» **HOW TO COMPLETE THIS TASK**
Going through the records that follow, please count the lines with "AllocError" in them and give only the count.

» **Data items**
§ §

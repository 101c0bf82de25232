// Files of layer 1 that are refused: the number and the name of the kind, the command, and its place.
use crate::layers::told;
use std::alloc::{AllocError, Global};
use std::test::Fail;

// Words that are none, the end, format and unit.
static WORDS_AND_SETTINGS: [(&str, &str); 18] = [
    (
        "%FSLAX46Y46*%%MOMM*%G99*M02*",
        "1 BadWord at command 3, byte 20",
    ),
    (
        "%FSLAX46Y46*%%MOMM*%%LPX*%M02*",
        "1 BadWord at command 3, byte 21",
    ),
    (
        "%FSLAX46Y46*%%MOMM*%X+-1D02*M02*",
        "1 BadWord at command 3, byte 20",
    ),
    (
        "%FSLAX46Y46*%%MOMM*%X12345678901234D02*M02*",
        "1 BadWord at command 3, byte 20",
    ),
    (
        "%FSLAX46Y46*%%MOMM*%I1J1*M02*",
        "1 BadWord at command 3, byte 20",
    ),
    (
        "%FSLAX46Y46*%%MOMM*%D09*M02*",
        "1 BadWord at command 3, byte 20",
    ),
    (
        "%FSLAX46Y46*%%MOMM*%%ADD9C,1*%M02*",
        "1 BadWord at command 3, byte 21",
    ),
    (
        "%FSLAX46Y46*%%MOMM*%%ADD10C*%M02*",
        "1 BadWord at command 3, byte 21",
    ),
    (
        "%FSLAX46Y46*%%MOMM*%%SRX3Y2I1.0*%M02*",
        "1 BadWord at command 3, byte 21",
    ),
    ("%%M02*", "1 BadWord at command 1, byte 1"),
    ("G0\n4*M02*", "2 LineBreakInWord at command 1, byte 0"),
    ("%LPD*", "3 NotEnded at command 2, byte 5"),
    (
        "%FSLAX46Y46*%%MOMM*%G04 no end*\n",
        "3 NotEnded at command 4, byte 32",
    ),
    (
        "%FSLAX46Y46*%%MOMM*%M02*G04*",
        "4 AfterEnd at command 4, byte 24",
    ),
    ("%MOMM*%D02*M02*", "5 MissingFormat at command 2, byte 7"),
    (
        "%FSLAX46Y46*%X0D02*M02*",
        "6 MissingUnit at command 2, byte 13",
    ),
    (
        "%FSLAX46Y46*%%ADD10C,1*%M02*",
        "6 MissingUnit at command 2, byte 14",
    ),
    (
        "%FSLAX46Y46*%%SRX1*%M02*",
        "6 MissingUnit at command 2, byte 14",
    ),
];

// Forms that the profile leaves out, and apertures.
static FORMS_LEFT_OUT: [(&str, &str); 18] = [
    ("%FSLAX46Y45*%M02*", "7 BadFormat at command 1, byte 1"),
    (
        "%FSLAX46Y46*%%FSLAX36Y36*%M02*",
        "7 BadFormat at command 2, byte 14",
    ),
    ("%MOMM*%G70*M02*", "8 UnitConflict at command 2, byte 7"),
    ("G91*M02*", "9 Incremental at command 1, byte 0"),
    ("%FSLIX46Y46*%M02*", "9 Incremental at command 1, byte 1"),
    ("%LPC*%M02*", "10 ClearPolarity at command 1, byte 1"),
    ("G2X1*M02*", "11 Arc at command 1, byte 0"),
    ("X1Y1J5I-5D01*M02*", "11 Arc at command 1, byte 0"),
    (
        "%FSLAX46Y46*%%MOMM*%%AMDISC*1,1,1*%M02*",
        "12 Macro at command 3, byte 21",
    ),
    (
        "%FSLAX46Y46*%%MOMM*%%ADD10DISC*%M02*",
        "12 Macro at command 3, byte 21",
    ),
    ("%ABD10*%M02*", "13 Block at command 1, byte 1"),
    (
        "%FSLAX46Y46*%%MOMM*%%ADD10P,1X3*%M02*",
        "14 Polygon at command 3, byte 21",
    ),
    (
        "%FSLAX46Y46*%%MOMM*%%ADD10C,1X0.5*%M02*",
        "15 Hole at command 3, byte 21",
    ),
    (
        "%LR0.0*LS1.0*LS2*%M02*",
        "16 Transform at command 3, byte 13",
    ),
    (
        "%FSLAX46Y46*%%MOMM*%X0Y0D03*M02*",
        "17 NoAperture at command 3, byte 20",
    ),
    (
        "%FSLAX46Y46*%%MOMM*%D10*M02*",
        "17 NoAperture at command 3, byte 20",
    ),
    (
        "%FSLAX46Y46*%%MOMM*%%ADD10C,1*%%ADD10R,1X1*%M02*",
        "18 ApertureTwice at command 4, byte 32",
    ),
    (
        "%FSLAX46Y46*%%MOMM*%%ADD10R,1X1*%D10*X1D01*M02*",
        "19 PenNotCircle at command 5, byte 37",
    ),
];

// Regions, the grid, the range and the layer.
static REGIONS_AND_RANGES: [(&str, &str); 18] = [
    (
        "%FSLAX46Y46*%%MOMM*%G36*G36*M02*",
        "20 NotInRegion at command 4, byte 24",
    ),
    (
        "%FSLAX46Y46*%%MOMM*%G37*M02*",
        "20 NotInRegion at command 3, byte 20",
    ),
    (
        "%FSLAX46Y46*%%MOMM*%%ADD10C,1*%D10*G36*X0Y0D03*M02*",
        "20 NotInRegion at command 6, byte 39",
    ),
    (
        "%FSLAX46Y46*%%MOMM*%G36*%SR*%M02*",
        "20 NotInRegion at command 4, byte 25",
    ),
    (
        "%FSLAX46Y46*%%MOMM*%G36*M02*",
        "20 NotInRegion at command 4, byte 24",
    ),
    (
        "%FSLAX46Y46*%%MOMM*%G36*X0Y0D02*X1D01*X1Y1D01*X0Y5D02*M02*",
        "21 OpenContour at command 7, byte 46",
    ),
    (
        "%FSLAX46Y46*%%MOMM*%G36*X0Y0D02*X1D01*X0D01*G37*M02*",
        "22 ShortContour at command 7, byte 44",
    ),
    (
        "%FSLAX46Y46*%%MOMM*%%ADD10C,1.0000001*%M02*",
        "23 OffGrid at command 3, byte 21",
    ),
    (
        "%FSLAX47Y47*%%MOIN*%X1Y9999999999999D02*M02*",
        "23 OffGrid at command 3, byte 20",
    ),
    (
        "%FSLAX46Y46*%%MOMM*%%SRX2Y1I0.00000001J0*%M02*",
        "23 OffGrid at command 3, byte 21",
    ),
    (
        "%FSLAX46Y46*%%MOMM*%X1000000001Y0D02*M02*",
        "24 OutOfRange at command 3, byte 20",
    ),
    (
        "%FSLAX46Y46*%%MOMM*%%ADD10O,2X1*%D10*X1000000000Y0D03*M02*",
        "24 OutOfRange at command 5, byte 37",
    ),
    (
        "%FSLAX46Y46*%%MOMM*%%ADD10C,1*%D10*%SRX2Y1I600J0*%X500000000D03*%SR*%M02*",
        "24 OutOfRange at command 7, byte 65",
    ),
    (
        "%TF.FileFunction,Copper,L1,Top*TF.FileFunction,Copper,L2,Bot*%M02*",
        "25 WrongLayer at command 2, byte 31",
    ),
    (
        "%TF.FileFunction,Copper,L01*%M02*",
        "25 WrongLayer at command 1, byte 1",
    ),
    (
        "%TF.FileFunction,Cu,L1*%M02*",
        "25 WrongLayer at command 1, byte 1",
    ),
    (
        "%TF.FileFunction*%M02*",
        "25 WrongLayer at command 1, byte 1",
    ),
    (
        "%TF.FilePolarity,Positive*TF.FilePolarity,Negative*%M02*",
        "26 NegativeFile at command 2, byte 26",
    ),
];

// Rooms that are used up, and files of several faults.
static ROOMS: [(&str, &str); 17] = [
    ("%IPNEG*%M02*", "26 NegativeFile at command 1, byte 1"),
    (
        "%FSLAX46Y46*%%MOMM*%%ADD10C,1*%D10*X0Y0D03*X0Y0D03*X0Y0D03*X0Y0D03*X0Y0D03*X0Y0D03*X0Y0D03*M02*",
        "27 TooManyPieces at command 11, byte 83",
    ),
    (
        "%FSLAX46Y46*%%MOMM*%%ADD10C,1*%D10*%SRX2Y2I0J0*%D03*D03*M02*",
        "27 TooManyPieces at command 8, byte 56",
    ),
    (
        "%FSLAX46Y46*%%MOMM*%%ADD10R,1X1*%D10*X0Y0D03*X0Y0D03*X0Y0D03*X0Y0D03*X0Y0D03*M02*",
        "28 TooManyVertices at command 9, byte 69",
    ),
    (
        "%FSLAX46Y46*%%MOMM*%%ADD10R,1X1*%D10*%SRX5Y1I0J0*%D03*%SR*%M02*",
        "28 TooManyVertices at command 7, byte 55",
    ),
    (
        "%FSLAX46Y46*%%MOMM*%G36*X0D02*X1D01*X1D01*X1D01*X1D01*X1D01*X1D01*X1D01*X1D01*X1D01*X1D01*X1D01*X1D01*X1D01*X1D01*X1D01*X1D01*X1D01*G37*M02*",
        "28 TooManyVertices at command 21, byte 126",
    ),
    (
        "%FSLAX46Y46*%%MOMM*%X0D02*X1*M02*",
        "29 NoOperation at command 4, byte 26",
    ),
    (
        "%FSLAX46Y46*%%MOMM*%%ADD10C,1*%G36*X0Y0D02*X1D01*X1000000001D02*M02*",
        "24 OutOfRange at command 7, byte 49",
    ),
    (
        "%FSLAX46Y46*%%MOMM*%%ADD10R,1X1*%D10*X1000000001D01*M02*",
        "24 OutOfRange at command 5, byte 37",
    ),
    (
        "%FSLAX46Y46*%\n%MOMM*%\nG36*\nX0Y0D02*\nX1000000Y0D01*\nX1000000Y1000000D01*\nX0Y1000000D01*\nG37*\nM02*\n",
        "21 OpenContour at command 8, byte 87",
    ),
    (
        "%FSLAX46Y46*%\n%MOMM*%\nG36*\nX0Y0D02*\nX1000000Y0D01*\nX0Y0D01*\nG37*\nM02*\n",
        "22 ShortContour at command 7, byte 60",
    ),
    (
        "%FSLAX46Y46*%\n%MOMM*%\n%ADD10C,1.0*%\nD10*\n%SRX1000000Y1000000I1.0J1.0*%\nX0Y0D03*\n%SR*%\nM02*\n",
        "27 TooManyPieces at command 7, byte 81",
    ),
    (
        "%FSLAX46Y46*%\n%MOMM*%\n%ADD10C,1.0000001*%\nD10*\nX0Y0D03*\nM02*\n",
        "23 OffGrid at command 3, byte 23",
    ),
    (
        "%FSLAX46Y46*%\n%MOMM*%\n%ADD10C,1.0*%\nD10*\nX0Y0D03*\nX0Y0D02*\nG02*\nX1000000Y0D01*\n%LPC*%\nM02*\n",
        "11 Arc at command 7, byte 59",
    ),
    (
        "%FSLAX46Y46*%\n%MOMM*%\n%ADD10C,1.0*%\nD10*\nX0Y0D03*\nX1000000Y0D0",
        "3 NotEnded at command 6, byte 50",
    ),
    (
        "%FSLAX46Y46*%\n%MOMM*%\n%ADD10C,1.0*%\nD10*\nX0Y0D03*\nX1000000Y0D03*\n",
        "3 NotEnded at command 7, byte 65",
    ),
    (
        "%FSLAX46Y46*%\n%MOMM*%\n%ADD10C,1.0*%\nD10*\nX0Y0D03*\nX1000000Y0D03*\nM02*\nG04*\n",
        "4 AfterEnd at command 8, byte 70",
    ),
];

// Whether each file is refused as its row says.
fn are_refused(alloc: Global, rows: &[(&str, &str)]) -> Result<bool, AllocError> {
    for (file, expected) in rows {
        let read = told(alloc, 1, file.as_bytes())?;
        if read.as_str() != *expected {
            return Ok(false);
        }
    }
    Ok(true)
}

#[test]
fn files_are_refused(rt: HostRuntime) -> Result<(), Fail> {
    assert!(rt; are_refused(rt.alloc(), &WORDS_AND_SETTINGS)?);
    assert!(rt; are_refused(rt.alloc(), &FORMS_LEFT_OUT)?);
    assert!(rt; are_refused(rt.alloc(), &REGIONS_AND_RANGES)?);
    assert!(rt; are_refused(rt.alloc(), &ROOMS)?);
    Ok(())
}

§ §

» **SOLVED EXERCISE**
2